К сентябрю месяцу, когда, как читатель, вероятно, помнит, должны были явиться в Сан-Франциско Железная Рука и Большой Орел, граф уже навербовал для экспедиции около 150 человек, и постоянно объявлялись новые охотники, в числе которых было немало всяких проходимцев, которые в то время отовсюду стремились в Калифорнию.

Нашим молодым читателям известно из географии, что полуостров Калифорния составляет часть западного берега Северной Америки и отделен от материка Калифорнийским заливом. Против этого полуострова по берегу материка лежит провинция Сонора с гаванью Сан-Хосе. На востоке она ограничена цепью Кордильер, на севере отделяется рекою Гила от Новой Мексики, которая уступлена Соединенным Штатам. В этой области находятся необозримые равнины и прерии, населенные дикими индейцами, племенами апачей и команчей.

Летом того же года, в котором граф Сент-Альбан прибыл в Сан-Франциско, эти дикари несколько раз врывались во владения белых, сопровождая свои набеги страшными опустошениями. Ходили даже слухи о союзе двух больших, доселе враждебных друг другу, племен апачей и команчей с целью общего нападения на мексиканские колонии.

До сих пор, однако, жители прибрежных городов Соноры, равно как и богатые владельцы гасиенд внутри страны, тщетно просили правительство принять меры для их защиты.
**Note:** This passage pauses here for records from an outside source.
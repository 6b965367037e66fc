ghost use Rattle.std.specs.Prelude.{◌≡◌};
ghost use Rattle.gw_bench.specs.Faults.{refusal_of};

use gw_edit::EditFault;
use std::alloc::AllocError;
use thiserror::Error;

/// Why an edit was not put into the row. The numbers B1 to B3 are the product's own.
#[derive(Clone, Copy, Debug, PartialEq, Eq, Error)]
pub enum BenchFault {
    /// B1: the front that was seen is as long as the row, 4,096 edits.
    #[error("there are too many edits")]
    HistoryFull,
    /// B2: the version of the front that was seen, of so many edits, refuses the edit.
    #[error("{0}")]
    Refused(EditFault, u64),
    /// B3: out of memory.
    #[error("out of memory")]
    Memory,
}

impl From<AllocError> for BenchFault {
    fn from(_: AllocError) -> BenchFault {
        BenchFault::Memory
    }
}

// The fault that a refusal of an edit is, of a front of so many edits; out of memory is the bench's own.
pub fn refusal_of(fault: EditFault, edits: u64) -> BenchFault
    ensures { result ≡ refusal_of fault edits }
{
    match fault {
        EditFault::Memory => BenchFault::Memory,
        fault => BenchFault::Refused(fault, edits),
    }
}
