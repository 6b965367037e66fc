ghost use Rattle.std.specs.Prelude.{◌≡◌, ◌-◌, IfOk};
ghost use Rattle.gw_desk.specs.Legs.{Works};
ghost use Rattle.gw_record.specs.Extending.{Extends};

use crate::pass::RowName;
use std::alloc::{AllocError, Global};
use std::marker::{Model, PhantomData};

/// A leg of a bench. By its type it is of the bench's opening version, so that a post need not compare it.
#[derive(Drop)]
pub struct Leg<N: RowName> {
    leg: gw_desk::Leg,
    of: PhantomData<N>,
}

impl<N: RowName> Model for Leg<N> {
    ghost use Rattle.std.specs.Prelude.{◌≡◌};
    ghost use Rattle.gw_desk.specs.Legs.{Leg};

    ghost Value = { Leg };

    ghost view = { λ l. l.leg };

    ghost invariant = { λ l. l.leg.opening ≡ N.opening };
}

impl<N: RowName> Leg<N> {
    // A leg of a desk with the name's opening version.
    pub(crate) fn new(leg: gw_desk::Leg) -> Leg<N>
        requires { leg.opening ≡ N.opening }
        ensures { result ≡ leg }
    {
        Leg {
            leg,
            of: PhantomData,
        }
    }

    pub(crate) fn into_leg(self) -> gw_desk::Leg
        ensures value { result ≡ self }
        ensures opening { result.opening ≡ N.opening }
    {
        self.leg
    }

    /// Makes `steps` more steps, or those up to the step limit or to the run's end, and says how many they are. Where
    /// memory is refused, the steps made stay.
    pub fn work(&mut self, alloc: Global, steps: u64) -> Result<u64, AllocError>
        ensures works { Works steps (self.new.run.moment - self.old.run.moment) self.old self.new }
        ensures done { IfOk result (λ made.
            Extends self.old.version self.old.seed steps made self.old.run self.new.run) }
    {
        self.leg.work(alloc, steps)
    }
}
При таких обстоятельствах граф послал своего верного слугу Евстафия в Мексику, чтобы переговорить с правительством о своей экспедиции в Сонору и предложить ему свою помощь в деле усмирения диких индейских орд.
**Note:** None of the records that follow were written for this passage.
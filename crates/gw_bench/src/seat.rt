// A bench, as one session sees it.
ghost use Rattle.std.specs.Prelude.{◌≡◌, IfOk, length};
ghost use mathlib.Core.List.{IsPrefix};
ghost use Rattle.gw_edit.specs.Leading.{accepted, version_of};
ghost use Rattle.gw_bench.specs.Telling.{IsFinished};

use crate::bench::Bench;
use crate::fault::BenchFault;
use crate::pass::{Pass, RowName};
use gw_desk::{Answer, Keeper};
use gw_edit::EditFault;
use gw_meaning::{Edit, Numbered, Replication};
use std::alloc::{AllocError, Global};
use std::sync::Wait;

// The steps of a seat's first leg, where the kept states lie no further apart; a leg grows to so many times that.
const LEAST: u64 = 1_000;

const MOST: u64 = 4;

/// A bench, and what one caller has seen of it: a keeper of the version that the caller sees.
///
/// Its [`Keeper::finish`] makes the missing steps by legs, outside the lock, as the workers do.
#[derive(Drop)]
pub struct Seat<'a, N: RowName, R: Wait> {
    rt: &'a R,
    bench: &'a Bench<N>,
    pass: Pass<N>,
}

impl<'a, N: RowName, R: Wait> Seat<'a, N, R> {
    /// A seat at a bench, which has seen what this pass has.
    pub fn new(rt: &'a R, bench: &'a Bench<N>, pass: Pass<N>) -> Seat<'a, N, R>
        ensures { result.pass ≡ pass }
    {
        Seat { rt, bench, pass }
    }

    // Works a leg outside the lock, and posts it.
    fn help(&mut self, alloc: Global, rep: u64, steps: u64) -> Result<(), AllocError>
        ensures { IsPrefix self.old.pass self.new.pass }
    {
        let Some(mut leg) = self.bench.take(self.rt, &mut self.pass, rep)? else {
            return Ok(());
        };
        match leg.work(alloc, steps) {
            Ok(_) => {
                let _ = self.bench.post(self.rt, leg)?;
                Ok(())
            }
            Err(refused) => {
                drop(leg);
                Err(refused)
            }
        }
    }

    // The report of a START. The missing steps are made by legs, outside the lock; meanwhile workers leave the
    // replication alone.
    fn finished(&mut self, alloc: Global, rep: u64, k: u64) -> Result<Answer, AllocError>
        ensures seen { IsPrefix self.old.pass self.new.pass }
        ensures ok { IfOk result (IsFinished (version_of N.opening self.new.pass)
            (length (accepted N.opening self.new.pass)) rep k) }
    {
        let least = self.bench.every().max(LEAST);
        let most = least.saturating_mul(MOST);
        let mut steps = least;
        'legs: for _ in self.rt.forever() {
            match self.bench.peek(self.rt, &mut self.pass, rep, k)? {
                Answer::Unfinished { recorded: _ } => {
                    self.bench.set_seat(rep);
                    self.help(alloc, rep, steps)?;
                    steps = steps.saturating_mul(2).min(most);
                }
                answer => return Ok(answer),
            }
        }
        // (not reached: the loop has no end of its own)
        self.bench.finish(self.rt, &mut self.pass, rep, k)
    }
}

impl<'a, N: RowName, R: Wait> Keeper for Seat<'a, N, R> {
    ghost use Rattle.gw_edit.specs.Leading.{version_of};
    ghost use Rattle.gw_bench.specs.Telling.{SeatDoes, SeatWorks};
    ghost use Rattle.gw_bench.specs.Lost.{seat_does_nothing, seat_loses, seat_works_nothing};

    ghost version = { λ a. version_of N.opening a.pass };

    ghost does = { λ before event reply after. SeatDoes N.opening before.pass event reply after.pass };

    ghost works = { λ before rep steps answer after. SeatWorks N.opening before.pass rep steps answer after.pass };

    ghost in_vain = { λ a event is. seat_does_nothing N.opening a.pass event is };

    ghost worked_in_vain = { λ a rep steps. seat_works_nothing N.opening a.pass rep steps };

    ghost lost = { λ a b event answer does. seat_loses N.opening a.pass b.pass event answer does };

    fn list(&self) -> &[Numbered] {
        self.pass.version().lines()
    }

    fn replications(&self) -> &[Replication] {
        self.pass.version().replications()
    }

    fn edit(&mut self, _alloc: Global, edit: Edit) -> Result<u64, EditFault> {
        match self.bench.edit(&mut self.pass, edit) {
            Ok(number) => Ok(number),
            Err(BenchFault::HistoryFull) => Err(EditFault::HistoryFull),
            Err(BenchFault::Refused(fault, _)) => Err(fault),
            Err(BenchFault::Memory) => Err(EditFault::Memory),
        }
    }

    fn peek(&mut self, _alloc: Global, rep: u64, k: u64) -> Answer {
        match self.bench.peek(self.rt, &mut self.pass, rep, k) {
            Ok(answer) => answer,
            Err(_) => Answer::Memory,
        }
    }

    fn finish(&mut self, alloc: Global, rep: u64, k: u64) -> Answer {
        let answer = self.finished(alloc, rep, k);
        self.bench.set_seat(0);
        match answer {
            Ok(answer) => answer,
            Err(_) => Answer::Memory,
        }
    }

    fn work(&mut self, alloc: Global, rep: u64, steps: u64) -> Result<Option<u64>, AllocError> {
        self.help(alloc, rep, steps)?;
        self.bench.recorded(self.rt, &mut self.pass, rep)
    }
}
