// Sets the parameter that a change sets, if it sets one.
#[inline(always)]
fn assign(
    parameters: &mut Parameters,
    number: u64,
    change: TransactionChange,
) -> Result<(), AllocError>
    ensures ok { OnOk result (parameters.new ≡ own_held change number parameters.old) }
    ensures err { OnErr result (parameters.new ≡ parameters.old) }
{
    match change {
        TransactionChange::Assign { key, to } => parameters.assign(number, &key, to),
        TransactionChange::Loop { key, left, .. } => parameters.assign(number, &key, left),
        _ => Ok(()),
    }
}

// The transaction in the block that it enters.
#[inline(always)]
fn placed(x: &Transaction, id: StatementId) -> Transaction
    ensures { result ≡ placed x.now id }
{
    Transaction {
        current: id,
        destination: Destination::none(),
        asked: 0,
        ..*x
    }
}

// What a block changes of its transaction, but for its parameters.
#[inline(always)]
fn own_marked(change: &TransactionChange, clock: Clock, x: Transaction) -> Transaction
    ensures { result ≡ own_marked change.now clock x }
{
    match change {
        TransactionChange::Mark => Transaction {
            mark: clock.time(),
            ..x
        },
        TransactionChange::Priority { to } => Transaction { priority: *to, ..x },
        TransactionChange::Transfer { to } | TransactionChange::Loop { to, .. } => Transaction {
            destination: Destination::to(*to),
            ..x
        },
        TransactionChange::Assign { .. } => x,
    }
}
Отсутствие Евстафия продолжалось уже три месяца, и граф с нетерпением ожидал его возвращения.

В 8 часов вечера 3 сентября, в первый день полнолуния в этом месяце, следовательно, в тот день, когда должно было состояться свидание трех товарищей на Plaza Major, граф Сент-Альбан, нетерпеливо считая минуты, прохаживался взад и вперед по своей комнате, между тем как его секретарь, мексиканец, сидел за заваленным бумагами столом и читал графу список людей, заявивших в этот день о своем желании присоединиться к экспедиции; их оказалось двадцать человек.

— Родриго, — читал он, — бывший староста цеха носильщиков в Сан-Хосе; из-за удара ножом, имевшего несчастный исход, убежал в рудники, там услыхал о предприятии вашего сиятельства и явился в Сан-Франциско. Принимать ли его?
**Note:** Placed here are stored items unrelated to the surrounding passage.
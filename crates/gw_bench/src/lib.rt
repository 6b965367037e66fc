//! The bench: a row of set-once boxes in which an accepted edit stands for good, passes over it, and a desk under a lock
//! that follows it.
//!
//! [`Bench::edit`] and [`Bench::versions`] take no lock. A leg that [`Bench::take`] gives is worked outside the lock, and
//! [`Bench::post`] hands its steps in. A [`Seat`] is a keeper over a bench, as a session wants one.
//!
//! What is proved:
//!
//! - A pass is a front of the row. Of any two fronts one begins the other, whichever threads used the passes.
//! - An accepted edit is the last of the front that its caller then sees, at the number that is answered. The version
//!   of the edits before it accepted it, and that front is longer than before.
//! - An edit is refused because the version of that front refuses it, because the row is full, or because memory was
//!   refused.
//! - Each answer of a `peek`, a `finish` or a `take` is for a front that begins with all that the caller has seen, and
//!   that is seen then.
//! - Under the lock ([`Held`]) is a desk of the opening version with the accepted edits of its front. Each call there
//!   changes it as the desk's own call does.
//! - A seat is a keeper that answers so, and its `finish` never answers `unfinished`.
//!
//! Contracts: `Bench::unread_pass`, `edit`, `versions`, `compare`, `peek`, `finish`, `take`, the calls of `Held`,
//! `Seat::new`, `Seat` as a `Keeper`.
#![tactic(auto)]

mod bench;
mod fault;
mod hands;
mod held;
mod leg;
mod pass;
mod row;
mod seat;

pub use bench::Bench;
pub use fault::BenchFault;
pub use held::Held;
pub use leg::Leg;
pub use pass::{Pass, RowName};
pub use row::Row;
pub use seat::Seat;
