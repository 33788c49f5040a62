//! Commits of what the replies of a connection rest on.

ghost use Rattle.std.specs.Prelude.{◌≡◌, List, IfErr, OnErr, OnOk, length, true};
ghost use Rattle.durable_replies.specs.Durable.{AreDurable, AreSound, IsDurableAt, IsFoundSound, MayGoOut};
ghost use Rattle.shared_desk.specs.ClientViews.{ClientView, Extends};
ghost use Rattle.shared_desk.specs.Histories.{HistoryEntry};

use shared_desk::{Client, DeskWay, Origin, PassageId, SharedHandler};
use shared_journal::{GroupNote, NoteMaker, ReplySync};
use std::sync::Wait;
use streams::Noted;

// Notes what was recorded for the desk of a journal, at the latest by the connection's last answer, and
// makes that durable. Where that fails the note stays as it was, and another one that knows of the
// failure is given.
fn commit_at<
    R: Wait,
    P: DeskWay<S, D, H, J>,
    S: Wait,
    D,
    H: SharedHandler<D> + Noted<N>,
    N: GroupNote,
    K: NoteMaker<N>,
    J: Origin<D, H>,
    G: PassageId,
>(rt: &R, journal: &K, note: &mut N, client: &mut Client<P, S, D, H, J, G>) -> Result<(), N>
    ensures same { client.new ≡ client.old }
    ensures ok { OnOk result (IsDurableAt H.answers J.begins H.covers K.desk N.known
        (K.desk journal.now) note.new client.old) }
    ensures err { OnErr result (note.new ≡ note.old) }
    ensures failed { IfErr result (λ failed. (N.known failed).has_failed ≡ true) }
{
    let mut taken = journal.blank();
    client.note(journal.place(), &mut taken);
    if taken.commit(rt).is_err() {
        return Err(taken);
    }
    *note = taken;
    Ok(())
}

// Makes durable what was recorded for the desk of each journal, at the latest by the connection's last
// answer, up to the first that fails.
fn commit_each_noted<
    R: Wait,
    P: DeskWay<S, D, H, J>,
    S: Wait,
    D,
    H: SharedHandler<D> + Noted<N>,
    N: GroupNote,
    K: NoteMaker<N>,
    J: Origin<D, H>,
    G: PassageId,
>(
    rt: &R,
    journals: &[K],
    notes: &mut Vec<N>,
    client: &mut Client<P, S, D, H, J, G>,
) -> Result<(), N>
    requires { length notes.old.items ≡ length journals.now }
    ensures same { client.new ≡ client.old }
    ensures count { length notes.new.items ≡ length notes.old.items }
    ensures ok { OnOk result (AreDurable H.answers J.begins H.covers K.desk N.known journals.now notes.new.items
        client.old) }
    ensures err { OnErr result ((known : ClientView) (later : List HistoryEntry)
        → Extends known later client.old
        → AreDurable H.answers J.begins H.covers K.desk N.known journals.now notes.old.items known
        → AreDurable H.answers J.begins H.covers K.desk N.known journals.now notes.new.items known) }
    ensures failed { IfErr result (λ failed. (N.known failed).has_failed ≡ true) }
{
    let mut place = 0;
    'notes: while place < journals.len() {
        commit_at(rt, &journals[place], &mut notes[place], client)?;
        place += 1;
    }
    Ok(())
}

// Looks at a journal, and keeps the note by which it had not failed. Where it had, the note stays as it
// was, and another one that knows of the failure is given.
fn look_at<N: GroupNote, K: NoteMaker<N>>(journal: &K, note: &mut N) -> Result<(), N>
    ensures sound { OnOk result (IsFoundSound K.name N.known N.sound journal.now note.new) }
    ensures err { OnErr result (note.new ≡ note.old) }
    ensures failed { IfErr result (λ failed. (N.known failed).has_failed ≡ true) }
{
    let mut looked = journal.blank();
    if looked.look().is_err() {
        return Err(looked);
    }
    *note = looked;
    Ok(())
}

// Looks at each journal, in order, up to the first that has failed.
fn look_at_each<N: GroupNote, K: NoteMaker<N>>(journals: &[K], notes: &mut Vec<N>) -> Result<(), N>
    requires { length notes.old.items ≡ length journals.now }
    ensures count { length notes.new.items ≡ length notes.old.items }
    ensures sound { OnOk result (AreSound K.name N.known N.sound journals.now notes.new.items) }
    ensures err { OnErr result (AreSound K.name N.known N.sound journals.now notes.old.items
        → AreSound K.name N.known N.sound journals.now notes.new.items) }
    ensures failed { IfErr result (λ failed. (N.known failed).has_failed ≡ true) }
{
    let mut place = 0;
    'looks: while place < journals.len() {
        look_at(&journals[place], &mut notes[place])?;
        place += 1;
    }
    Ok(())
}

/// Asks whether the connection's replies may go out: what they rest on is made durable, or no journal has
/// failed, where these are committed at intervals. Else a note is given that knows of the failure.
pub(crate) fn ask_each<
    R: Wait,
    P: DeskWay<S, D, H, J>,
    S: Wait,
    D,
    H: SharedHandler<D> + Noted<N>,
    N: GroupNote,
    K: NoteMaker<N>,
    J: Origin<D, H>,
    G: PassageId,
>(
    rt: &R,
    journals: &[K],
    notes: &mut Vec<N>,
    sync: ReplySync,
    client: &mut Client<P, S, D, H, J, G>,
) -> Result<(), N>
    requires { length notes.old.items ≡ length journals.now }
    ensures same { client.new ≡ client.old }
    ensures count { length notes.new.items ≡ length notes.old.items }
    ensures ok { OnOk result (MayGoOut H.answers J.begins H.covers K.name K.desk N.known N.sound sync
        journals.now notes.new.items client.old) }
    ensures err { OnErr result ((known : ClientView) (later : List HistoryEntry)
        → Extends known later client.old
        → MayGoOut H.answers J.begins H.covers K.name K.desk N.known N.sound sync journals.now
        notes.old.items known
        → MayGoOut H.answers J.begins H.covers K.name K.desk N.known N.sound sync journals.now
        notes.new.items known) }
    ensures failed { IfErr result (λ failed. (N.known failed).has_failed ≡ true) }
{
    match sync {
        ReplySync::Always => commit_each_noted(rt, journals, notes, client),
        ReplySync::Interval => look_at_each(journals, notes),
    }
}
— С какой стати человек станет наносить удары ножом? — спросил граф. — Не могу же я принять явного убийцу.

— Карамба, сеньор генерал! У моих соотечественников кровь горячая, и ссоры из-за пустяков часто случаются в кабаках, — спокойно возразил мексиканец, для которого удар ножом казался почти тем же, что удар кулаком.

— Ну, ладно, запишите его, хотя у нас и так уже набралось много всякой дряни. Дальше!

— Два английских матроса, бежавших со шхуны, которая стоит там на рейде.

— Их капитан не потребует назад?

— Сеньор, мы находимся в свободной стране.

— Ну, хорошо, примите обоих. Они, наверное, пьяницы, но, может быть, честные ребята!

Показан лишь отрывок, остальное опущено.